*** SUPPLIED MATERIAL ***
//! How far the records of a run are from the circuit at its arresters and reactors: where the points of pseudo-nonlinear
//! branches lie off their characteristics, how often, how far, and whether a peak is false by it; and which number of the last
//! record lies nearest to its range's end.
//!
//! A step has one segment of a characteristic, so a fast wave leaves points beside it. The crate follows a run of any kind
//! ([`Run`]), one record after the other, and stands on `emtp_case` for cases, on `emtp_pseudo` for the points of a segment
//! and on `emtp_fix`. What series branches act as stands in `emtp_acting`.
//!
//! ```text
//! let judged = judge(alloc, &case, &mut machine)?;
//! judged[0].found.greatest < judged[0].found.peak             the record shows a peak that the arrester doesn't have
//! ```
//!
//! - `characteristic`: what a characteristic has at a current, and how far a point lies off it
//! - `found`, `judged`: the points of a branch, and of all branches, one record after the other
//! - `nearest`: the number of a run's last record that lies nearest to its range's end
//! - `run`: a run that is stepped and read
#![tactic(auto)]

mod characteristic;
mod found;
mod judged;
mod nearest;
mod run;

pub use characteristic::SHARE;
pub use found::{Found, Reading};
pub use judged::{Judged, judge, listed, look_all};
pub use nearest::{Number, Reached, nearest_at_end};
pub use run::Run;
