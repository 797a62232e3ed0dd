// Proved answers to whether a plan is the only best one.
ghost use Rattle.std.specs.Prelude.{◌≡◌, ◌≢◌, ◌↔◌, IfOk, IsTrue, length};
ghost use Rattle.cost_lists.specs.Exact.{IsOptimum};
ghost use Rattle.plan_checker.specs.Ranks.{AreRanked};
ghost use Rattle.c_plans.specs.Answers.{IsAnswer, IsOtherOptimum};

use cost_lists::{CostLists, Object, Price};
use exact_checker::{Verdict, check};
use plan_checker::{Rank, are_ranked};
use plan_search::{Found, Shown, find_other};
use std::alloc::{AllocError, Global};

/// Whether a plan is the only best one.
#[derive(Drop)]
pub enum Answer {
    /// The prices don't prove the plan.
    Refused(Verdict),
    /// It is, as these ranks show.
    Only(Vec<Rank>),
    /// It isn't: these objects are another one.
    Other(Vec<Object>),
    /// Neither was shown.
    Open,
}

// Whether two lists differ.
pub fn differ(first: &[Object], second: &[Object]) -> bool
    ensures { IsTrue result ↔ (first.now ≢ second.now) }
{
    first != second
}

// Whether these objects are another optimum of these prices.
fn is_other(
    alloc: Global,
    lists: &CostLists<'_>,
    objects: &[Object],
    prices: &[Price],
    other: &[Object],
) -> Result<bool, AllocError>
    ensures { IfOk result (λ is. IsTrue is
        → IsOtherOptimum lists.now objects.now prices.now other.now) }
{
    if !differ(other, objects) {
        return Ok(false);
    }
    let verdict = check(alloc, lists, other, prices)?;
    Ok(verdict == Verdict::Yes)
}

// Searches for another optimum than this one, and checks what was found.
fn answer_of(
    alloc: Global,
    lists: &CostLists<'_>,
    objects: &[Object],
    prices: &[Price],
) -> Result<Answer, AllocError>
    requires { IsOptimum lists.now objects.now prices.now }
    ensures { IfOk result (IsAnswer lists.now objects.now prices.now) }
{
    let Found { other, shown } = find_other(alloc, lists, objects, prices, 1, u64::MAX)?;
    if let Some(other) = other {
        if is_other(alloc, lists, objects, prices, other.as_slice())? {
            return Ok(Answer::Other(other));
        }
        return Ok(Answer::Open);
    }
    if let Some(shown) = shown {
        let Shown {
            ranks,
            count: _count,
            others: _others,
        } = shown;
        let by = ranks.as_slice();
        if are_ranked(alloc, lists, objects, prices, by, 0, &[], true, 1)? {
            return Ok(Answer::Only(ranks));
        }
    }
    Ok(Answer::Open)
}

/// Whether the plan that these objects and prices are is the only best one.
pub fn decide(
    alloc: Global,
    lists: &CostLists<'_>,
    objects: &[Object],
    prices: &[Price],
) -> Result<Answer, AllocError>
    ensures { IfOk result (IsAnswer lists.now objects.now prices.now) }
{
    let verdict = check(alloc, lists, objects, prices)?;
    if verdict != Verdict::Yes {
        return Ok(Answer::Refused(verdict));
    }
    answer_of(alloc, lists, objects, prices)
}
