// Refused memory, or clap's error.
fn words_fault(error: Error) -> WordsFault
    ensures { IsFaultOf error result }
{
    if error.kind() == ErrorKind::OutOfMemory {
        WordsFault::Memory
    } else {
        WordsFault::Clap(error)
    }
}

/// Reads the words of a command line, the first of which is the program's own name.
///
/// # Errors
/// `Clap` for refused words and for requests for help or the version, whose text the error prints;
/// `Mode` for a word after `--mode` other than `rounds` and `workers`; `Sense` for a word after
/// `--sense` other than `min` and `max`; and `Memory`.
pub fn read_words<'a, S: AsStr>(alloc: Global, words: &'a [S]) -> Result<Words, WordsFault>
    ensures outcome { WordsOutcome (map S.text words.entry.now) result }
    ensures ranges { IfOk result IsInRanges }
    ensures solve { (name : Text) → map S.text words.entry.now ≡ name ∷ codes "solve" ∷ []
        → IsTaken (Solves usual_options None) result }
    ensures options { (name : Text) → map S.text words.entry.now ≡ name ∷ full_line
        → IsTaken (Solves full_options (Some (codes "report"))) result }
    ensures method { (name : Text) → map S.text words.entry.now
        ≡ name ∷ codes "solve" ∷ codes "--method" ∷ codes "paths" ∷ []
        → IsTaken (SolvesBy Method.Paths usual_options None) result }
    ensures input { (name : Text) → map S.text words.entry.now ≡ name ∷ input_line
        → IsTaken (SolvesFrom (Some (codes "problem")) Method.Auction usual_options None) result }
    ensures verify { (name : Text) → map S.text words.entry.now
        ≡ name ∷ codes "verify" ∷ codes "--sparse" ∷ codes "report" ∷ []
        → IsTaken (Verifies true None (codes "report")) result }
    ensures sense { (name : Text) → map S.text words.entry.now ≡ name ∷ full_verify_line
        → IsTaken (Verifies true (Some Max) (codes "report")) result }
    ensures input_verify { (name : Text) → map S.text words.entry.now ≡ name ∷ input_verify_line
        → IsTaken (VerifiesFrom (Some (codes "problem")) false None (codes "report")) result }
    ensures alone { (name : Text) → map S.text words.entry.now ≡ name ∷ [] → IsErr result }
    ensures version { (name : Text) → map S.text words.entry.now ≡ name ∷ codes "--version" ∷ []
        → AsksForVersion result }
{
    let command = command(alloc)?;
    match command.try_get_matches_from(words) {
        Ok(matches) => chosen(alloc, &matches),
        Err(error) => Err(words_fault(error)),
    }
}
***
• _DIRECTIONS FOR THIS TASK_
All entries are to be returned word for word.

• _SOLUTION TO THIS EXERCISE_
//! How far the records of a run are from the circuit at its arresters and reactors: where the points of pseudo-nonlinear
//! branches lie off their characteristics, how often, how far, and whether a peak is false by it; and which number of the last
//! record lies nearest to its range's end.
//!
//! A step has one segment of a characteristic, so a fast wave leaves points beside it. The crate follows a run of any kind
//! ([`Run`]), one record after the other, and stands on `emtp_case` for cases, on `emtp_pseudo` for the points of a segment
//! and on `emtp_fix`. What series branches act as stands in `emtp_acting`.
//!
//! ```text
//! let judged = judge(alloc, &case, &mut machine)?;
//! judged[0].found.greatest < judged[0].found.peak             the record shows a peak that the arrester doesn't have
//! ```
//!
//! - `characteristic`: what a characteristic has at a current, and how far a point lies off it
//! - `found`, `judged`: the points of a branch, and of all branches, one record after the other
//! - `nearest`: the number of a run's last record that lies nearest to its range's end
//! - `run`: a run that is stepped and read
#![tactic(auto)]

mod characteristic;
mod found;
mod judged;
mod nearest;
mod run;

pub use characteristic::SHARE;
pub use found::{Found, Reading};
pub use judged::{Judged, judge, listed, look_all};
pub use nearest::{Number, Reached, nearest_at_end};
pub use run::Run;
repository 797a62232e3ed0dd
// Proved answers to whether a plan is the only best one.
ghost use Rattle.std.specs.Prelude.{◌≡◌, ◌≢◌, ◌↔◌, IfOk, IsTrue, length};
ghost use Rattle.cost_lists.specs.Exact.{IsOptimum};
ghost use Rattle.plan_checker.specs.Ranks.{AreRanked};
ghost use Rattle.c_plans.specs.Answers.{IsAnswer, IsOtherOptimum};

use cost_lists::{CostLists, Object, Price};
use exact_checker::{Verdict, check};
use plan_checker::{Rank, are_ranked};
use plan_search::{Found, Shown, find_other};
use std::alloc::{AllocError, Global};

/// Whether a plan is the only best one.
#[derive(Drop)]
pub enum Answer {
    /// The prices don't prove the plan.
    Refused(Verdict),
    /// It is, as these ranks show.
    Only(Vec<Rank>),
    /// It isn't: these objects are another one.
    Other(Vec<Object>),
    /// Neither was shown.
    Open,
}

// Whether two lists differ.
pub fn differ(first: &[Object], second: &[Object]) -> bool
    ensures { IsTrue result ↔ (first.now ≢ second.now) }
{
    first != second
}

// Whether these objects are another optimum of these prices.
fn is_other(
    alloc: Global,
    lists: &CostLists<'_>,
    objects: &[Object],
    prices: &[Price],
    other: &[Object],
) -> Result<bool, AllocError>
    ensures { IfOk result (λ is. IsTrue is
        → IsOtherOptimum lists.now objects.now prices.now other.now) }
{
    if !differ(other, objects) {
        return Ok(false);
    }
    let verdict = check(alloc, lists, other, prices)?;
    Ok(verdict == Verdict::Yes)
}

// Searches for another optimum than this one, and checks what was found.
fn answer_of(
    alloc: Global,
    lists: &CostLists<'_>,
    objects: &[Object],
    prices: &[Price],
) -> Result<Answer, AllocError>
    requires { IsOptimum lists.now objects.now prices.now }
    ensures { IfOk result (IsAnswer lists.now objects.now prices.now) }
{
    let Found { other, shown } = find_other(alloc, lists, objects, prices, 1, u64::MAX)?;
    if let Some(other) = other {
        if is_other(alloc, lists, objects, prices, other.as_slice())? {
            return Ok(Answer::Other(other));
        }
        return Ok(Answer::Open);
    }
    if let Some(shown) = shown {
        let Shown {
            ranks,
            count: _count,
            others: _others,
        } = shown;
        let by = ranks.as_slice();
        if are_ranked(alloc, lists, objects, prices, by, 0, &[], true, 1)? {
            return Ok(Answer::Only(ranks));
        }
    }
    Ok(Answer::Open)
}

/// Whether the plan that these objects and prices are is the only best one.
pub fn decide(
    alloc: Global,
    lists: &CostLists<'_>,
    objects: &[Object],
    prices: &[Price],
) -> Result<Answer, AllocError>
    ensures { IfOk result (IsAnswer lists.now objects.now prices.now) }
{
    let verdict = check(alloc, lists, objects, prices)?;
    if verdict != Verdict::Yes {
        return Ok(Answer::Refused(verdict));
    }
    answer_of(alloc, lists, objects, prices)
}
// Refused memory, or clap's error.
fn words_fault(error: Error) -> WordsFault
    ensures { IsFaultOf error result }
{
    if error.kind() == ErrorKind::OutOfMemory {
        WordsFault::Memory
    } else {
        WordsFault::Clap(error)
    }
}

/// Reads the words of a command line, the first of which is the program's own name.
///
/// # Errors
/// `Clap` for refused words and for requests for help or the version, whose text the error prints;
/// `Mode` for a word after `--mode` other than `rounds` and `workers`; `Sense` for a word after
/// `--sense` other than `min` and `max`; and `Memory`.
pub fn read_words<'a, S: AsStr>(alloc: Global, words: &'a [S]) -> Result<Words, WordsFault>
    ensures outcome { WordsOutcome (map S.text words.entry.now) result }
    ensures ranges { IfOk result IsInRanges }
    ensures solve { (name : Text) → map S.text words.entry.now ≡ name ∷ codes "solve" ∷ []
        → IsTaken (Solves usual_options None) result }
    ensures options { (name : Text) → map S.text words.entry.now ≡ name ∷ full_line
        → IsTaken (Solves full_options (Some (codes "report"))) result }
    ensures method { (name : Text) → map S.text words.entry.now
        ≡ name ∷ codes "solve" ∷ codes "--method" ∷ codes "paths" ∷ []
        → IsTaken (SolvesBy Method.Paths usual_options None) result }
    ensures input { (name : Text) → map S.text words.entry.now ≡ name ∷ input_line
        → IsTaken (SolvesFrom (Some (codes "problem")) Method.Auction usual_options None) result }
    ensures verify { (name : Text) → map S.text words.entry.now
        ≡ name ∷ codes "verify" ∷ codes "--sparse" ∷ codes "report" ∷ []
        → IsTaken (Verifies true None (codes "report")) result }
    ensures sense { (name : Text) → map S.text words.entry.now ≡ name ∷ full_verify_line
        → IsTaken (Verifies true (Some Max) (codes "report")) result }
    ensures input_verify { (name : Text) → map S.text words.entry.now ≡ name ∷ input_verify_line
        → IsTaken (VerifiesFrom (Some (codes "problem")) false None (codes "report")) result }
    ensures alone { (name : Text) → map S.text words.entry.now ≡ name ∷ [] → IsErr result }
    ensures version { (name : Text) → map S.text words.entry.now ≡ name ∷ codes "--version" ∷ []
        → AsksForVersion result }
{
    let command = command(alloc)?;
    match command.try_get_matches_from(words) {
        Ok(matches) => chosen(alloc, &matches),
        Err(error) => Err(words_fault(error)),
    }
}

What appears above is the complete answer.